Use of surface plasmon resonance for real-time analysis of the interaction of ZO-1 and occludin
- PMID: 11700038
- DOI: 10.1006/bbrc.2001.5914
Use of surface plasmon resonance for real-time analysis of the interaction of ZO-1 and occludin
Abstract
Surface plasmon resonance (SPR) spectroscopy was applied to study in real time, the interaction between the tight junction proteins ZO-1 and occludin. To imitate the morphology of tight junctions, a cytosolic tail of mouse occludin was immobilised at the sensor and guanylate kinase-like domain (Guk) was allowed to pass over the modified chip surface. The Guk domain of ZO-1 (residues 644-812) was found to bind to the cytoplasmic, carboxy-terminal region of occludin (residues 378-521). This interaction was systematically characterised with respect to the concentrations of both proteins and the binding conditions.

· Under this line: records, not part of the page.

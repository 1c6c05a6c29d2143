//! Pieces of a line.

use pb_text::Name;

/// How many bytes stand before the first line feed, and with it.
pub fn line_len(bytes: &[u8]) -> usize {
    let mut len: usize = 0;
    for byte in bytes {
        len = len.saturating_add(1);
        if *byte == b'\n' {
            return len;
        }
    }
    len
}

/// The bytes up to a place, and those from there on.
pub fn cut(bytes: &[u8], at: usize) -> (&[u8], &[u8]) {
    if at < bytes.len() {
        bytes.split_at(at)
    } else {
        (bytes, b"")
    }
}

/// The blanks in front, and the rest.
pub fn unindented(line: &[u8]) -> (&[u8], &[u8]) {
    cut(line, line.iter().take_while(|byte| **byte == b' ').count())
}

/// The word in front, and the rest.
pub fn word(bytes: &[u8]) -> (&[u8], &[u8]) {
    cut(
        bytes,
        bytes.iter().take_while(|byte| goes_on(**byte)).count(),
    )
}

/// The name in front.
pub fn name(bytes: &[u8]) -> Option<Name> {
    let (word, _) = word(bytes);
    Name::of(word)
}

/// What stands behind the word in front.
pub fn behind_word(bytes: &[u8]) -> &[u8] {
    let (_, rest) = word(bytes);
    rest
}

/// The bytes behind the first one of these, where there is one.
pub fn behind(byte: u8, bytes: &[u8]) -> Option<&[u8]> {
    let (_, rest) = cut(bytes, bytes.iter().take_while(|it| **it != byte).count());
    rest.get(1..)
}

/// The bytes before the first one of these.
pub fn before(byte: u8, bytes: &[u8]) -> &[u8] {
    let (front, _) = cut(bytes, bytes.iter().take_while(|it| **it != byte).count());
    front
}

fn goes_on(byte: u8) -> bool {
    byte.is_ascii_alphanumeric() || byte == b'_'
}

Under the given experimental conditions, association and dissociation showed saturation kinetics, with affinity in micromolar range: k(a) = 4.14 +/- 0.52 x 10(3) M(-1) s(-1), k(d) = 3.04 +/- 0.38 x 10(-3) s(-1), K(D) = 639 +/- 51 nM. The results support the hypothesis that the Guk domain of ZO-1 is involved in the recruitment of the transmembrane protein occludin at tight junctions by interacting with the cytosolic carboxy-terminal sequence of occludin, located far from the cell membrane. We demonstrate the use of SPR spectroscopy as an effective approach for characterisation of the interactions of junction proteins.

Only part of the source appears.